Honden die veel buiten zijn, vooral in bosrijke gebieden, lopen een verhoogd risico op tekenbeten en het oplopen van deze parasiet. Dit geldt vooral in de zomermaanden, van mei tot september, wanneer de tekenpopulaties het grootst zijn. Waakzaam zijn over het voorkomen en verwijderen van teken is de beste methode om het ontstaan van Babesiose te voorkomen.

  • B. canis - Een groot (4-7 µm) piroplasma dat honden infecteert. B. canis wordt wereldwijd gedistribueerd en er zijn 3 ondersoorten op basis van genetische, biologische en geografische gegevens. B. canis vogeli is gemeld in de VS, Afrika, Azië en Australië. B. cani s rossi is de meest virulente en komt voor in Afrika. B. canis canis is gemeld in Europa.
  • Recente studies hebben ten minste drie genetisch verschillende kleine (2-5 µm) piroplasma's geïdentificeerd die honden kunnen infecteren.
  • B. gibsoni - klein piroplasma dat honden infecteert; wereldwijde distributie; opkomende ziekte in de VS
  • B. conradae - klein piroplasma dat honden infecteert; alleen gerapporteerd in Californië
  • Theileria annae (Spaanse hond piroplasma) - klein piroplasma dat honden infecteert; gerapporteerd in Spanje en andere delen van Europa
  • Babesia sp. (Coco) - groot piroplasma geïdentificeerd bij honden met een operatief verwijderde milt en immuunonderdrukte honden in de V. S.

Symptomen en typen

  • Gebrek aan energie
  • Gebrek aan eetlust
  • bleek tandvlees gum
  • Koorts
  • Vergrote buik
  • Gekleurde urine
  • Gele of oranje huid
  • Gewichtsverlies
  • Verkleurde ontlasting

Oorzaken

  • Achtergrondgeschiedenis van tekenbijlage
  • Immuunsuppressie kan klinische symptomen en verhoogde parasitemie (parasietinfectie in het bloed) veroorzaken bij chronisch geïnfecteerde honden
  • Geschiedenis van een recente hondenbeetwond
  • Recente bloedtransfusie

Diagnose

U moet een grondige geschiedenis van de gezondheid van uw hond geven, inclusief een achtergrondgeschiedenis van symptomen en mogelijke incidenten die deze aandoening mogelijk hebben veroorzaakt. Uw dierenarts zal een volledig lichamelijk onderzoek op uw hond uitvoeren. Er zal een bloedchemisch profiel, een volledig bloedbeeld, een urineonderzoek en een elektrolytpanel worden uitgevoerd.

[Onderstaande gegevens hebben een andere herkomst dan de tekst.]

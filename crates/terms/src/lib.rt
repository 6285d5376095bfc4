// Terms: a name or `sep.nil`, and where it ends.
#![tactic(auto)]

ghost use Rattle.std.specs.Prelude.{◌≡◌, false, ℕ, ◌<◌, ◌≤◌, length, get_or};
ghost use Rattle.grammar.specs.Phrase.{lower, letter};
ghost use Rattle.grammar.specs.Grammar.{blank, Byte};
ghost use Rattle.grammar.specs.Machine.{reserved, viable as viable_of};
ghost use Rattle.terms.specs.Letters.{letters_of};
ghost use Rattle.terms.specs.Terms.{EndsIs, LettersIs, NilIs, EndedIs, TermIs};

use words::{BadText, is_blank, spelled};

// The first number that holds eight letters.
const EIGHT_LETTERS: u64 = 72057594037927936;

// `sep`, as a number.
const SEP: u64 = 7562608;

fn is_lower(b: u8) -> bool
    ensures { result ≡ lower b }
{
    b.is_ascii_lowercase()
}

fn is_letter(b: u8) -> bool
    ensures { result ≡ letter b }
{
    is_lower(b) || b.is_ascii_digit()
}

// Whether the number holds one of the nine words.
fn is_word(w: u64) -> bool
    ensures { result ≡ reserved (letters_of w) }
{
    matches!(
        w,
        6385252
            | 28530
            | 7562608
            | 2002873956
            | 7237492
            | 61
            | 7235441220169655156
            | 7369839
            | 27763
    )
}

// Whether some name begins with these letters.
fn viable(w: u64) -> bool
    ensures { result ≡ viable_of (letters_of w) }
{
    w < EIGHT_LETTERS || !is_word(w)
}

// The letters from `at` on, behind those of w, and where they end: in base 256.
fn letters(s: &[u8], at: usize, w: u64) -> Result<(usize, u64), BadText>
    requires { (at ≤ length s.now) × (0 < w) }
    ensures { LettersIs s.now w at result }
{
    let mut x = w;
    for e in at..s.len() {
        let b = s[e];
        if !is_letter(b) {
            return Ok((e, x));
        }
        if EIGHT_LETTERS <= x {
            return Err(BadText { at: e });
        }
        x = x * 256 + u64::from(b);
        if !viable(x) {
            return Err(BadText { at: e });
        }
    }
    Err(BadText { at: s.len() })
}

// Whether a term may end here: before a blank or, where it is its list's last, a closing bracket.
fn ends(s: &[u8], at: usize, last: bool) -> bool
    ensures { EndsIs s.now last at result }
{
    if s.len() <= at {
        return false;
    }
    match s[at] {
        b')' => last,
        b => is_blank(b),
    }
}

// The end of sep.nil, behind its dot.
fn nil(s: &[u8], at: usize, last: bool) -> Result<usize, BadText>
    requires { at ≤ length s.now }
    ensures { NilIs s.now last at result }
{
    let end = spelled(s, at, b"nil")?;
    if !ends(s, end, last) {
        return Err(BadText { at: end });
    }
    Ok(end)
}

// A term whose letters w end before `at`.
fn ended(s: &[u8], at: usize, w: u64, last: bool) -> Result<(usize, Option<u64>), BadText>
    requires { (at < length s.now) × (0 < w) × (letter (get_or s.now at 0) ≡ false) }
    ensures { EndedIs s.now last w at result }
{
    if s[at] == b'.' {
        if w != SEP {
            return Err(BadText { at });
        }
        let end = nil(s, at + 1, last)?;
        return Ok((end, None));
    }
    if is_word(w) || !ends(s, at, last) {
        return Err(BadText { at });
    }
    Ok((at, Some(w)))
}

// Where a term ends, and a name's letters in base 256, or None for sep.nil. No blank stands where it begins; `last`: it is its list's last.
pub fn term(s: &[u8], at: usize, last: bool) -> Result<(usize, Option<u64>), BadText>
    requires { (at ≤ length s.now) × ((b : ℕ) → Byte s.now b at → blank b ≡ false) }
    ensures { TermIs s.now last at result }
{
    if s.len() <= at || !is_lower(s[at]) {
        return Err(BadText { at });
    }
    let (end, w) = letters(s, at + 1, u64::from(s[at]))?;
    ended(s, end, w, last)
}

Uw dierenarts kan een Wright-kleuring gebruiken om een bloedmonster te kleuren voor microscopisch onderzoek, omdat uw arts hierdoor bloedcellen kan onderscheiden, waardoor een infectie van het bloed gemakkelijker duidelijk wordt. Immunofluorescentieantilichaam (IFA) tests voor antilichamen in het serum die reageren met Babesia-organismen kunnen ook worden uitgevoerd. Kruisreactieve antilichamen kunnen de differentiatie van soorten en ondersoorten voorkomen. Sommige geïnfecteerde dieren, met name jonge honden, hebben echter mogelijk geen detecteerbare antilichamen.

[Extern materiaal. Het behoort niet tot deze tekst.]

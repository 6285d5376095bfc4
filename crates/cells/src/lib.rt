// Stacks, heaps and sets of locations, each in one number, so that a part of a heap is a mask away. specs/Cells.antt says
// which numbers these are.
#![tactic(auto)]

ghost use Rattle.std.specs.Prelude.{◌≡◌, suc, ◌≤◌, ◌<◌, ◌^◌, leb};
ghost use Rattle.std.specs.Int.Bits.{bit_and, bit_xor};
ghost use Rattle.logic.specs.Heap.{Heap, Empty};
ghost use Rattle.logic.specs.declared.Profile.TheVariants.{Strong};
ghost use Rattle.logic.specs.Holds.{Points, Segment};
ghost use Rattle.logic.specs.Tests.{pick};
ghost use Rattle.logic.specs.Reflect.{Is};
ghost use Rattle.cells.specs.Cells.{most, full, cells, Placed, Spread, Taken, Barred, Touched, Tabled, Folded, Clear, Values, Met, Source, SourceBelow, Target};

use logic::Profile;

// The most locations, and the most variables, that fit in one number.
pub const MOST: u64 = 8;

// What w has at l.
pub fn cell(w: u64, l: u64) -> u64
    requires { l ≤ most }
    ensures { result ≡ cells w l }
{
    if l == 0 {
        return 0;
    }
    (w >> (8 * (l - 1))) % 256
}

// A heap with d at l and nothing elsewhere.
pub fn placed(d: u64, l: u64) -> u64
    requires { (d < 256) × (1 ≤ l) × (l ≤ most) }
    ensures { Placed d l result }
{
    d << (8 * (l - 1))
}

// A full byte for each location of part m. The product puts bits 0 to 6 into their bytes without a carry; bit 7 would
// overlap and is put beside them.
pub fn spread(m: u64) -> u64
    requires { m < full }
    ensures { Spread m result }
{
    ((((m % 128) * 0x0002_0408_1020_4081) & 0x0001_0101_0101_0101) | ((m / 128) << 56)) * 255
}

// The part that is allocated, without a loop. A byte that is not 0 carries into its top bit; each product then puts the top
// bits of four bytes side by side.
pub fn taken(w: u64) -> u64
    requires { Heap most (cells w) }
    ensures { Taken w result }
{
    let tops = (w + 0x7f7f_7f7f_7f7f_7f7f) & 0x8080_8080_8080_8080;
    let low = (((tops % 0x1_0000_0000) * 0x0020_4081) >> 28) % 16;
    let high = (((tops >> 32) * 0x0020_4081) >> 28) % 16;
    low + 16 * high
}

// Bit l.
pub fn bit(l: u64) -> u64
    requires { l ≤ suc most }
    ensures { result ≡ 2 ^ l }
{
    1 << l
}

// Of the set u, the location and the value of a cell at l with digit d. The halving drops nil, which is in no set.
fn touched(u: u64, l: u64, d: u64) -> u64
    requires { (u < full) × (l ≤ most) × (d ≤ suc most) }
    ensures { Touched u l d result }
{
    if d == 0 {
        return 0;
    }
    ((bit(l) | bit(d - 1)) / 2) & u
}

// What each cell of w touches of the set u, in the cell's byte.
pub fn table(u: u64, w: u64) -> u64
    requires { (u < full) × Heap most (cells w) }
    ensures { Tabled u w result }
{
    if u == 0 {
        return 0;
    }
    let mut t: u64 = 0;
    for l in 1..=MOST {
        t |= placed(touched(u, l, cell(w, l)), l);
    }
    t
}

// The union of the sets in t's bytes.
fn fold(t: u64) -> u64
    ensures { Folded t result }
{
    let y = t | (t >> 32);
    let z = y | (y >> 16);
    (z | (z >> 8)) % 256
}

// Strong disjointness of the part with mask e from the rest, where t is the table of the whole.
pub fn parts_apart(t: u64, e: u64) -> bool
    ensures { Is result (Clear (bit_and t e) (bit_xor t (bit_and t e))) }
{
    if t == 0 {
        return true;
    }
    let q = t & e;
    fold(q) & fold(t ^ q) == 0
}

// The set of w's values. Digit d is noted in bit d, so the two lowest bits are for no value and for nil's.
fn values(w: u64) -> u64
    requires { Heap most (cells w) }
    ensures { Values w result }
{
    let mut v: u64 = 0;
    for l in 1..=MOST {
        v |= bit(cell(w, l));
    }
    v / 4
}

// Those of the set u that are locations of w: where u is the unnamed ones, no cell that is added to w may touch them.
pub fn met(u: u64, w: u64) -> u64
    requires { (u < full) × Heap most (cells w) }
    ensures { Met u w result }
{
    if u == 0 {
        return 0;
    }
    (values(w) | taken(w)) & u
}

fn is_source(w: u64, met: u64, l: u64) -> bool
    requires { (1 ≤ l) × (l ≤ most) }
    ensures { Is result (Source w met l) }
{
    cell(w, l) == 0 && (met >> (l - 1)) % 2 == 0
}

// The last location up to `top` at which a cell may be added to w, or 0.
pub fn source_below(w: u64, met: u64, top: u64) -> u64
    requires { top ≤ most }
    ensures { SourceBelow w met top result }
{
    for l in (1..=top).rev() {
        if is_source(w, met, l) {
            return l;
        }
    }
    0
}

// Whether an added cell may have digit d.
pub fn is_target(met: u64, d: u64) -> bool
    requires { (met < full) × (d ≤ suc most) }
    ensures { Is result (Target met d) }
{
    ((4 * met) >> d) % 2 == 0
}

pub fn is_empty(w: u64) -> bool
    ensures { Is result (Empty (cells w)) }
{
    w == 0
}

pub fn is_points(a: u64, b: u64, w: u64) -> bool
    requires { (a ≤ most) × (b ≤ most) }
    ensures { Is result (Points a b (cells w)) }
{
    a != 0 && w == placed(b + 1, a)
}

// A list segment: each cell that is left behind is taken out, so no location is met twice. It has at most n links, since a heap
// over n locations has no more cells.
pub fn is_list(n: u64, a: u64, b: u64, w: u64) -> bool
    requires { (n ≤ most) × (a ≤ most) × Heap n (cells w) }
    ensures { Is result (Segment a b (cells w)) }
{
    let mut g = w;
    let mut x = a;
    for _ in 0..n {
        if x == b {
            return is_empty(g);
        }
        let d = cell(g, x);
        if d == 0 {
            return false;
        }
        g ^= placed(d, x);
        x = d - 1;
    }
    x == b && is_empty(g)
}

// Bit d, where d is at most n.
fn bit_up_to(d: u64, n: u64) -> u64
    requires { n ≤ most }
    ensures { (result ≡ pick (leb d n) (2 ^ d) 0) × (result < 2 ^ suc n) }
{
    if d <= n { bit(d) } else { 0 }
}

// The locations up to n that are not named. Location l is noted in bit l; the halving drops nil, which is in no set.
fn unnamed(v: u64, n: u64, s: u64) -> u64
    requires { (v ≤ most) × (n ≤ most) }
    ensures { Barred Strong v n (cells s) result }
{
    let mut named: u64 = 0;
    for i in 0..v {
        named |= bit_up_to(cell(s, i + 1), n);
    }
    ((bit(n + 1) - 1) ^ named) / 2
}

// The locations at which two heaps may not meet: the strong profile bars those that are not named, the ordinary one none.
pub fn barred(profile: Profile, v: u64, n: u64, s: u64) -> u64
    requires { (v ≤ most) × (n ≤ most) }
    ensures { Barred profile v n (cells s) result }
{
    match profile {
        Profile::Strong => unnamed(v, n, s),
        Profile::Ordinary => 0,
    }
}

PCR-tests (polymerasekettingreactie) voor de aanwezigheid van Babesia-DNA in een biologisch monster kunnen ondersoorten en soorten onderscheiden en zijn gevoeliger dan microscopie.

Behandeling

De meeste patiënten kunnen poliklinisch worden behandeld, maar ernstig zieke patiënten, vooral degenen die vloeistoftherapie of bloedtransfusies nodig hebben, moeten in het ziekenhuis worden opgenomen.

Wonen en Management

Uw dierenarts zal de voortgang van uw hond willen volgen en zal regelmatige vervolgafspraken plannen om bloedchemische profielen, volledige bloedtellingen, urineonderzoeken en elektrolytpanelen te herhalen. Twee tot drie opeenvolgende negatieve PCR-tests, beginnend twee maanden na de behandeling, moeten worden uitgevoerd om falen van de behandeling en aanhoudende parasitemie uit te sluiten.

Bovendien, wanneer een hond die is gehuisvest in een kennel met meerdere honden wordt gediagnosticeerd met babesiose, moeten alle honden in die kennel worden gescreend, aangezien er een hoog percentage dragerdieren in kennelsituaties is.

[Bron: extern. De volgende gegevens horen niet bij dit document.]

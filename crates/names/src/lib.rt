// Names: how they are numbered as they first appear, and a term with its number.
#![tactic(auto)]

ghost use Rattle.std.specs.Prelude.{◌≡◌, ◌==◌, ◌≤◌, length, position, take};
ghost use Rattle.logic.specs.Book.{most};
ghost use Rattle.terms.specs.Letters.{letters_of};

use leaves::Refusal;
use logic::MOST;
use terms::term;
use words::skip;

// The names so far: the letters of each in base 256, in the order in which they first appeared. Those behind the last name are none.
#[derive(Clone, Copy)]
pub struct Names {
    pub letters: [u64; MOST],
    pub count: usize,
    pub ghost long: { length letters ≡ most },
    pub ghost few: { count ≤ most },
}

impl Names {
    ghost use Rattle.names.specs.Names.{NotedIs, taken, OperandIs};

    // Where w stands among the names.
    fn place_of(&self, w: u64) -> Option<usize>
        ensures { result ≡ position (λ l. l == w) (take self.now.count self.now.letters) }
    {
        self.letters[..self.count].iter().position(|l| *l == w)
    }

    // The number of the name w, which is noted where it is new. None where it is one name too many.
    fn numbered(&mut self, w: u64) -> Option<u8>
        ensures { NotedIs self.old (letters_of w) result self.new }
    {
        if let Some(i) = self.place_of(w) {
            return Some((i + 1) as u8);
        }
        if MOST <= self.count {
            return None;
        }
        self.letters[self.count] = w;
        self.count += 1;
        Some(self.count as u8)
    }

    // Where the term from `at` on ends, and its number; `last`: it is its list's last.
    pub fn operand(&mut self, s: &[u8], at: usize, last: bool) -> Result<(usize, u8), Refusal>
        requires { at ≤ length s.now }
        ensures { OperandIs s.now last at self.old (taken result) self.new }
    {
        let from = skip(s, at);
        let (end, name) = term(s, from, last)?;
        let Some(w) = name else {
            return Ok((end, 0));
        };
        let Some(number) = self.numbered(w) else {
            return Err(Refusal::ManyNames(from));
        };
        Ok((end, number))
    }
}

Als uw hond tijd doorbrengt in een gebied dat bekend staat als leefgebied voor teken, is preventie de beste manier van handelen. Controleer uw hond dagelijks op de aanwezigheid van teken en verwijder deze onmiddellijk. Hoe langer een teek op het lichaam blijft, hoe groter de kans dat de parasiet wordt overgedragen.